> TRY IT:
Make an exact copy of all the data.

Stored items:
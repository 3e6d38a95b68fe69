//! Runs a script on the answers of a recorded log.

ghost use Rattle.std.specs.Prelude.{◌≡◌, ◌<◌, ◌^◌, true, IfOk, IfErr, None, length};
ghost use Rattle.std.specs.List.{list_all};
ghost use Rattle.wasi_world.specs.Contexts.{AreNumbered};
ghost use Rattle.wasi_replay.specs.Recorded.{fits_entry};
ghost use Rattle.wasi_recorder.specs.Outcome.{Replayed, Compares, Stops};
ghost use Rattle.wasi_recorder.specs.Outcome.{first_difference, Finishes};
ghost use Rattle.wasi_recorder.specs.Causes.{Causes, ReplayCompletes};

use std::alloc::Global;
use std::marker::Brand;
use wasi_replay::{Recorded, ReplayWorld};
use wasi_run::{RunEnd, RunError, run_script};
use wasi_world::{Entry, WasiSocketsCtx};
use world_io::{GrowingSink, Sink, Source, write_all};

/// How a replay ended.
#[derive(Clone, Copy, Debug, PartialEq, Eq)]
pub enum ReplayEnd {
    /// The run asked just what is recorded, and ended so.
    Same(RunEnd),
    /// The place, counted from 0, of the first recorded entry that the run didn't ask next; as many
    /// as are recorded, where it asked more.
    Differs(u32),
}

/// Where the run differs that made so many calls, of as many recorded ones: where its log does, or
/// after all its calls, where more are recorded.
pub(crate) fn first_difference(differs: Option<u32>, made: usize, count: usize) -> Option<u32>
    requires { differs ≡ None → made < 2 ^ 32 }
    ensures { result ≡ first_difference differs made count }
{
    match differs {
        Some(place) => Some(place),
        None if made < count => Some(made as u32),
        None => None,
    }
}

/// Ends a replay whose replies are these bytes, of which none were written. A run into memory fails
/// to write only where memory ran out.
pub(crate) fn finish<K: Sink>(
    outcome: Result<RunEnd, RunError>,
    differs: Option<u32>,
    replies: &[u8],
    writer: &mut K,
) -> Result<ReplayEnd, RunError>
    ensures { Finishes outcome differs replies.now (K.writing writer.old) (K.writing writer.new)
        result }
{
    let end = match outcome {
        Ok(end) => end,
        Err(RunError::ReadFault) => return Err(RunError::ReadFault),
        Err(RunError::BadStep(line)) => return Err(RunError::BadStep(line)),
        Err(RunError::TooLong) => return Err(RunError::TooLong),
        Err(RunError::WriteFault | RunError::Memory) => return Err(RunError::Memory),
    };
    match differs {
        Some(place) => Ok(ReplayEnd::Differs(place)),
        None => match write_all(writer, replies) {
            Ok(()) => Ok(ReplayEnd::Same(end)),
            Err(_) => Err(RunError::WriteFault),
        },
    }
}

/// Runs the script on the answers of the recorded log, of which proofs know.
fn replay_on<R: Recorded, S: Source, K: Sink>(
    alloc: Global,
    recorded: Vec<Entry>,
    contexts: &mut Vec<WasiSocketsCtx>,
    limit: u32,
    reader: &mut S,
    writer: &mut K,
) -> Result<ReplayEnd, RunError>
    requires recorded { recorded.items ≡ R.recorded }
    requires entries { length recorded.items < 4294967295 }
    requires fits { list_all fits_entry recorded.items ≡ true }
    requires few { length contexts.old.items < 2 ^ 32 }
    requires numbered { AreNumbered contexts.old.items }
    ensures done { IfOk result (λ end. Replayed contexts.old.items limit (S.reading reader.old)
        (S.reading reader.new) (Compares contexts.old.items R.recorded (K.writing writer.old)
        (K.writing writer.new) end)) }
    ensures stopped { IfErr result (λ e. Stops contexts.old.items R.recorded limit
        (S.reading reader.old) (S.reading reader.new) (K.writing writer.old)
        (K.writing writer.new) e) }
    ensures cause { IfErr result (λ e. Causes (length contexts.old.items) limit
        (S.reading reader.old) (S.reading reader.new) e) }
    ensures complete { ReplayCompletes (length contexts.old.items) limit
        (S.reading reader.old) (S.reading reader.new) (K.writing writer.old)
        (K.writing writer.new) result }
    ensures contexts { contexts.new.items ≡ contexts.old.items }
{
    let count = recorded.len();
    let mut world = ReplayWorld::<R>::new(recorded);
    let mut replies = GrowingSink::new(alloc);
    let outcome = run_script(alloc, &mut world, contexts, limit, reader, &mut replies);
    let differs = first_difference(world.differs(), world.entries().len(), count);
    finish(outcome, differs, replies.bytes(), writer)
}

/// Runs the script that the reader gives on the answers of a recorded log. Where the run asks just
/// what is recorded, its replies are written; where it differs, nothing is, and the end says at
/// which entry.
///
/// A write of the guest is the recorded one only where the bytes that are recorded as taken stand
/// first in it. Takes memory for the replies.
pub fn replay<S: Source, K: Sink>(
    alloc: Global,
    recorded: Vec<Entry>,
    contexts: &mut Vec<WasiSocketsCtx>,
    limit: u32,
    reader: &mut S,
    writer: &mut K,
) -> Result<ReplayEnd, RunError>
    requires entries { length recorded.items < 4294967295 }
    requires fits { list_all fits_entry recorded.items ≡ true }
    requires few { length contexts.old.items < 2 ^ 32 }
    requires numbered { AreNumbered contexts.old.items }
    ensures done { IfOk result (λ end. Replayed contexts.old.items limit (S.reading reader.old)
        (S.reading reader.new) (Compares contexts.old.items recorded.items
        (K.writing writer.old) (K.writing writer.new) end)) }
    ensures stopped { IfErr result (λ e. Stops contexts.old.items recorded.items limit
        (S.reading reader.old) (S.reading reader.new) (K.writing writer.old)
        (K.writing writer.new) e) }
    ensures cause { IfErr result (λ e. Causes (length contexts.old.items) limit
        (S.reading reader.old) (S.reading reader.new) e) }
    ensures complete { ReplayCompletes (length contexts.old.items) limit
        (S.reading reader.old) (S.reading reader.new) (K.writing writer.old)
        (K.writing writer.new) result }
    ensures contexts { contexts.new.items ≡ contexts.old.items }
{
    replay_on::<Brand, S, K>(alloc, recorded, contexts, limit, reader, writer)
}
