//! What a relay is asked for.

ghost use Rattle.std.specs.Prelude.{◌≡◌};
ghost use Rattle.wasi_relay.specs.Order.{family_of};

use wasi_addr::{IpSocketAddress, SocketAddressFamily};

/// What a relay is asked for.
#[derive(Clone, Copy, Debug, PartialEq, Eq)]
pub struct Order {
    /// The address that it listens on.
    pub listen: IpSocketAddress,
    /// The address that each arrival is connected to.
    pub target: IpSocketAddress,
    /// How many arrivals it takes.
    pub connections: u32,
    /// How many turns it makes at most.
    pub turns: u32,
}

impl Order {
    /// More turns than a session has steps for: the relay ends when all arrivals are over, or when
    /// no number is left for a step, `StepError::TooMany`.
    pub const ENDLESS: u32 = u32::MAX;
}

/// The family of an address.
pub(crate) fn family_of(addr: IpSocketAddress) -> SocketAddressFamily
    ensures { result ≡ family_of addr }
{
    match addr {
        IpSocketAddress::Ipv4(_) => SocketAddressFamily::Ipv4,
        IpSocketAddress::Ipv6(_) => SocketAddressFamily::Ipv6,
    }
}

> ANSWER TO THE EXERCISE:
repository 3e6d38a95b68fe69
//! Runs a script on the answers of a recorded log.

ghost use Rattle.std.specs.Prelude.{◌≡◌, ◌<◌, ◌^◌, true, IfOk, IfErr, None, length};
ghost use Rattle.std.specs.List.{list_all};
ghost use Rattle.wasi_world.specs.Contexts.{AreNumbered};
ghost use Rattle.wasi_replay.specs.Recorded.{fits_entry};
ghost use Rattle.wasi_recorder.specs.Outcome.{Replayed, Compares, Stops};
ghost use Rattle.wasi_recorder.specs.Outcome.{first_difference, Finishes};
ghost use Rattle.wasi_recorder.specs.Causes.{Causes, ReplayCompletes};

use std::alloc::Global;
use std::marker::Brand;
use wasi_replay::{Recorded, ReplayWorld};
use wasi_run::{RunEnd, RunError, run_script};
use wasi_world::{Entry, WasiSocketsCtx};
use world_io::{GrowingSink, Sink, Source, write_all};

/// How a replay ended.
#[derive(Clone, Copy, Debug, PartialEq, Eq)]
pub enum ReplayEnd {
    /// The run asked just what is recorded, and ended so.
    Same(RunEnd),
    /// The place, counted from 0, of the first recorded entry that the run didn't ask next; as many
    /// as are recorded, where it asked more.
    Differs(u32),
}

/// Where the run differs that made so many calls, of as many recorded ones: where its log does, or
/// after all its calls, where more are recorded.
pub(crate) fn first_difference(differs: Option<u32>, made: usize, count: usize) -> Option<u32>
    requires { differs ≡ None → made < 2 ^ 32 }
    ensures { result ≡ first_difference differs made count }
{
    match differs {
        Some(place) => Some(place),
        None if made < count => Some(made as u32),
        None => None,
    }
}

/// Ends a replay whose replies are these bytes, of which none were written. A run into memory fails
/// to write only where memory ran out.
pub(crate) fn finish<K: Sink>(
    outcome: Result<RunEnd, RunError>,
    differs: Option<u32>,
    replies: &[u8],
    writer: &mut K,
) -> Result<ReplayEnd, RunError>
    ensures { Finishes outcome differs replies.now (K.writing writer.old) (K.writing writer.new)
        result }
{
    let end = match outcome {
        Ok(end) => end,
        Err(RunError::ReadFault) => return Err(RunError::ReadFault),
        Err(RunError::BadStep(line)) => return Err(RunError::BadStep(line)),
        Err(RunError::TooLong) => return Err(RunError::TooLong),
        Err(RunError::WriteFault | RunError::Memory) => return Err(RunError::Memory),
    };
    match differs {
        Some(place) => Ok(ReplayEnd::Differs(place)),
        None => match write_all(writer, replies) {
            Ok(()) => Ok(ReplayEnd::Same(end)),
            Err(_) => Err(RunError::WriteFault),
        },
    }
}

/// Runs the script on the answers of the recorded log, of which proofs know.
fn replay_on<R: Recorded, S: Source, K: Sink>(
    alloc: Global,
    recorded: Vec<Entry>,
    contexts: &mut Vec<WasiSocketsCtx>,
    limit: u32,
    reader: &mut S,
    writer: &mut K,
) -> Result<ReplayEnd, RunError>
    requires recorded { recorded.items ≡ R.recorded }
    requires entries { length recorded.items < 4294967295 }
    requires fits { list_all fits_entry recorded.items ≡ true }
    requires few { length contexts.old.items < 2 ^ 32 }
    requires numbered { AreNumbered contexts.old.items }
    ensures done { IfOk result (λ end. Replayed contexts.old.items limit (S.reading reader.old)
        (S.reading reader.new) (Compares contexts.old.items R.recorded (K.writing writer.old)
        (K.writing writer.new) end)) }
    ensures stopped { IfErr result (λ e. Stops contexts.old.items R.recorded limit
        (S.reading reader.old) (S.reading reader.new) (K.writing writer.old)
        (K.writing writer.new) e) }
    ensures cause { IfErr result (λ e. Causes (length contexts.old.items) limit
        (S.reading reader.old) (S.reading reader.new) e) }
    ensures complete { ReplayCompletes (length contexts.old.items) limit
        (S.reading reader.old) (S.reading reader.new) (K.writing writer.old)
        (K.writing writer.new) result }
    ensures contexts { contexts.new.items ≡ contexts.old.items }
{
    let count = recorded.len();
    let mut world = ReplayWorld::<R>::new(recorded);
    let mut replies = GrowingSink::new(alloc);
    let outcome = run_script(alloc, &mut world, contexts, limit, reader, &mut replies);
    let differs = first_difference(world.differs(), world.entries().len(), count);
    finish(outcome, differs, replies.bytes(), writer)
}

/// Runs the script that the reader gives on the answers of a recorded log. Where the run asks just
/// what is recorded, its replies are written; where it differs, nothing is, and the end says at
/// which entry.
///
/// A write of the guest is the recorded one only where the bytes that are recorded as taken stand
/// first in it. Takes memory for the replies.
pub fn replay<S: Source, K: Sink>(
    alloc: Global,
    recorded: Vec<Entry>,
    contexts: &mut Vec<WasiSocketsCtx>,
    limit: u32,
    reader: &mut S,
    writer: &mut K,
) -> Result<ReplayEnd, RunError>
    requires entries { length recorded.items < 4294967295 }
    requires fits { list_all fits_entry recorded.items ≡ true }
    requires few { length contexts.old.items < 2 ^ 32 }
    requires numbered { AreNumbered contexts.old.items }
    ensures done { IfOk result (λ end. Replayed contexts.old.items limit (S.reading reader.old)
        (S.reading reader.new) (Compares contexts.old.items recorded.items
        (K.writing writer.old) (K.writing writer.new) end)) }
    ensures stopped { IfErr result (λ e. Stops contexts.old.items recorded.items limit
        (S.reading reader.old) (S.reading reader.new) (K.writing writer.old)
        (K.writing writer.new) e) }
    ensures cause { IfErr result (λ e. Causes (length contexts.old.items) limit
        (S.reading reader.old) (S.reading reader.new) e) }
    ensures complete { ReplayCompletes (length contexts.old.items) limit
        (S.reading reader.old) (S.reading reader.new) (K.writing writer.old)
        (K.writing writer.new) result }
    ensures contexts { contexts.new.items ≡ contexts.old.items }
{
    replay_on::<Brand, S, K>(alloc, recorded, contexts, limit, reader, writer)
}
//! What a relay is asked for.

ghost use Rattle.std.specs.Prelude.{◌≡◌};
ghost use Rattle.wasi_relay.specs.Order.{family_of};

use wasi_addr::{IpSocketAddress, SocketAddressFamily};

/// What a relay is asked for.
#[derive(Clone, Copy, Debug, PartialEq, Eq)]
pub struct Order {
    /// The address that it listens on.
    pub listen: IpSocketAddress,
    /// The address that each arrival is connected to.
    pub target: IpSocketAddress,
    /// How many arrivals it takes.
    pub connections: u32,
    /// How many turns it makes at most.
    pub turns: u32,
}

impl Order {
    /// More turns than a session has steps for: the relay ends when all arrivals are over, or when
    /// no number is left for a step, `StepError::TooMany`.
    pub const ENDLESS: u32 = u32::MAX;
}

/// The family of an address.
pub(crate) fn family_of(addr: IpSocketAddress) -> SocketAddressFamily
    ensures { result ≡ family_of addr }
{
    match addr {
        IpSocketAddress::Ipv4(_) => SocketAddressFamily::Ipv4,
        IpSocketAddress::Ipv6(_) => SocketAddressFamily::Ipv6,
    }
}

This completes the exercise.